When you don’t want to allow them access, they project their insecurities onto you, making you feel rude, mean, and as if you alienated them. This is all to get you to crawl back and let them trample your threshold.
If you push your partner past what they are comfortable with, you should ask yourself whether you are doing it because you love them or to get a hold of them, in which case, you are love bombing them.
5 Steps to Eliminate Love Bombing Behavior
Looking at the signs above, you may have discovered an ugly side to yourself that you were unaware of if you’ve been unintentionally love bombing your partner.
You may also face a grim reality that you’ve been personally insecure, and you’ve used love bombing to manipulate your partner into feeding your needs.
Follow these steps to stop love bombing behavior:
Step 1: Learn What Genuine Love Is
Knowledge is power, and your first step to stop love bombing someone you care about is to learn what genuine love is and how love bombing is not the same thing.
Knowing the difference between love bombing and genuine love is how you start working through your relationship issues and break the cycle of manipulation.
Love bombing is about backing your SO into a corner, so they feel alone, owe you for your love, and are only good enough because you say so. Can you see how this is not what love is about?
Genuine love is about sharing without any thought for future gain. You give gifts because you want your SO to feel as amazing as you see them as.
When you’ve given a gift or paid a compliment, you immediately put it from your mind, never using it as leverage over your partner.
Actions to Decide If You Are Love Bombing:
The first step is knowing whether you have a problem, so think about a recent gift or compliment you shared with your SO.
Did you do it with some sense of it “getting something” from your partner? Write down why you gave or praised or did favors. Now reflect on what you wrote. Did you give a gift from the heart, or did you have a plan when you gave it?
If you’ve shared and praised while intending for there to be some benefit to you, then you are a love bomber, and you need to take the following steps to stop love bombing and lead a genuine relationship with your SO.

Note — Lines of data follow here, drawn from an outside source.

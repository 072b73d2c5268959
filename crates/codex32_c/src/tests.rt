mod messages;
mod proposals;
mod sets;
mod shares;
mod splits;

use crate::parse::codex32_parse;
use std::fmt::Debug;
use std::process::Abort;

// What numbers, lengths and the bytes of buffers hold before a call.
const BEFORE: u32 = 7777;

const LENGTH_BEFORE: usize = 7777;

const BYTE_BEFORE: u8 = 0xee;

// Fails where the two differ.
fn same<T: PartialEq + Debug>(rt: &impl Abort, got: &T, want: &T) {
    assert_eq!(rt; got, want);
}

// Whether the bytes stand at the front of the buffer, and behind them it is as it was.
fn has_front(buffer: &[u8], bytes: &[u8]) -> bool {
    for byte in buffer.iter().skip(bytes.len()) {
        if *byte != BYTE_BEFORE {
            return false;
        }
    }
    buffer.starts_with(bytes)
}

// What a length and the front of a buffer are to be after an answer: where its number is 0, that of
// these bytes and these, and else as they were.
fn written(number: u32, bytes: &[u8]) -> (usize, &[u8]) {
    if number == 0 {
        (bytes.len(), bytes)
    } else {
        (LENGTH_BEFORE, b"")
    }
}

// Fails where another number is the answer, or where a length and a buffer are not what they are to
// be then.
fn answers(
    rt: &impl Abort,
    number: u32,
    (length, buffer): (usize, &[u8]),
    (want, bytes): (u32, &[u8]),
) {
    let (count, front) = written(want, bytes);
    let found = (number, length, has_front(buffer, front));
    same(rt, &found, &(want, count, true));
}

// The answer to a text, and what the numbers hold then.
fn answer(text: &[u8]) -> (u32, u32, u32, usize) {
    let (mut threshold, mut share_index, mut length) = (BEFORE, BEFORE, LENGTH_BEFORE);
    let number = codex32_parse(text, &mut threshold, &mut share_index, &mut length);
    (number, threshold, share_index, length)
}

// The threshold, the share index and the length of the payload. Some strings are those of a
// reference model and of the Rust crate bech32 with a codex32 profile, which agree; the first two
// are of BIP-93.
const KNOWN_ROWS: &[(&[u8], (u32, char, usize))] = &[
    (
        b"ms10testsxxxxxxxxxxxxxxxxxxxxxxxxxx4nzvca9cmczlw",
        (0, 's', 26),
    ),
    (
        b"MS10TESTSXXXXXXXXXXXXXXXXXXXXXXXXXX4NZVCA9CMCZLW",
        (0, 'S', 26),
    ),
    (
        b"ms12testaxxxxxxxxxxxxxxxxxxxxxxxxxxk2htcew89530d",
        (2, 'a', 26),
    ),
    (
        b"ms14v8j700fq3pltvct4589s7dwvy9vuyxd49xa9x3u8kre0w7egcqzrlzkm87vzm6vp7m08v7",
        (4, '0', 52),
    ),
    (
        b"ms12pfq9axd9m2xcjalevmsj955v3h7eesc5ndtrers3guca",
        (2, 'a', 26),
    ),
    (
        b"ms13lwj58s47h5wpzp0pm9dmwl0n4084llte76ftpzr2phlsa93mxazghatx2hglr8p754666v",
        (3, '8', 52),
    ),
];

const REFUSED_ROWS: &[(&[u8], u32)] = &[
    (b"\xff", 2),
    (b"1qqqqqq", 11),
    (b" 1qqqqqq", 14),
    (b"\xc3\xa91qqqqqq", 13),
    (b"ms10testsxxxxxxxxxxxxxxxxxxxxxxxxxx4nzvca9cmczlb", 21),
    (b"Ms1q", 22),
    (b"msq", 23),
    (b"ms1qtestsqxxxxxxxxxxxxxxxxxxxxxxxxq4nzvca9cmczlq", 33),
    (b"mt10testsxxxxxxxxxxxxxxxxxxxxxxxxxx4nzvca9cmczlw", 81),
    (b"ms10testsxxxxxxxxxxxxxxxxxxxxxxxxxx4nzvca9cmczl", 82),
    (b"mt10testsxxxxxxxxxxxxxxxxxxxxxxxxxx4nzvca9cmczl", 82),
    (b"ms1qtestsxxxxxxxxxxxxxxxxxxxxxxxxxxq68ksv56lmaq5", 83),
    (b"ms10testaxxxxxxxxxxxxxxxxxxxxxxxxxxzd568kp774rau", 84),
];

#[test]
fn reads_known_strings(rt: HostRuntime) {
    for &(text, (threshold, share_index, length)) in KNOWN_ROWS {
        let want = (0, threshold, u32::from(share_index), length);
        same(&rt, &answer(text), &want);
    }
    for &(text, want) in REFUSED_ROWS {
        same(&rt, &answer(text), &(want, BEFORE, BEFORE, LENGTH_BEFORE));
    }
}
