//! Codex32 for C programs: the calls of `codex32` over numbers and bytes, as `include/codex32.h`
//! declares them.
//!
//! Each call returns 0, or the number of a refusal (`Numbers.antt` of `codex32_calls`), and then
//! changes nothing but lent memory.
//!
//! A `&[u8]` is a pointer and then a length to C, and a `&mut` a pointer. None of these pointers
//! may be null, but one beside a length of 0, which nothing follows; and what one points to may not
//! overlap with what a `&mut` does.
//!
//! Below it: `codex32_calls`, `caller_memory`, `bech32_numbers`.
//! Standard: BIP-93.
#![tactic(auto)]

pub mod derive;
pub mod encode;
pub mod message;
pub mod parse;
pub mod propose;
pub mod recover;
pub mod share;
pub mod split;
#[cfg(test)]
mod tests;
pub mod version;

Remember that a genuine and unintentional love bomb is often an expression of wanting to spend quality time together, affirm your partner, seeking physical closeness, and engaging in acts of service to help them.
Giving gifts that are given without a second thought indicates real love.
Step 2: Become Aware When You Love Bomb (Learn the Signs)
When you are self-aware, you can change your behavior. However, if you never realize you love bomb until it’s too late, you can’t change your behavior or habits. So develop awareness of your love bombing instincts.
These habits may crop up when you least expect them. And the only way you can change is to see yourself clearly. This means knowing what triggers you to love bomb people.
Actions to Seeing When You Love Bomb:
Like an alcoholic who drinks because he feels upset at work, you need to really create inner awareness and find what makes you love bomb.
Once you spot your triggers, you can make real progress to stop this harmful behavior. Start by keeping a journal of each day’s social interactions.
When you see signs that you’ve love bombed (or have been love bombed), you need to note these and check how often they happen. Start looking for patterns that lead to love bombing.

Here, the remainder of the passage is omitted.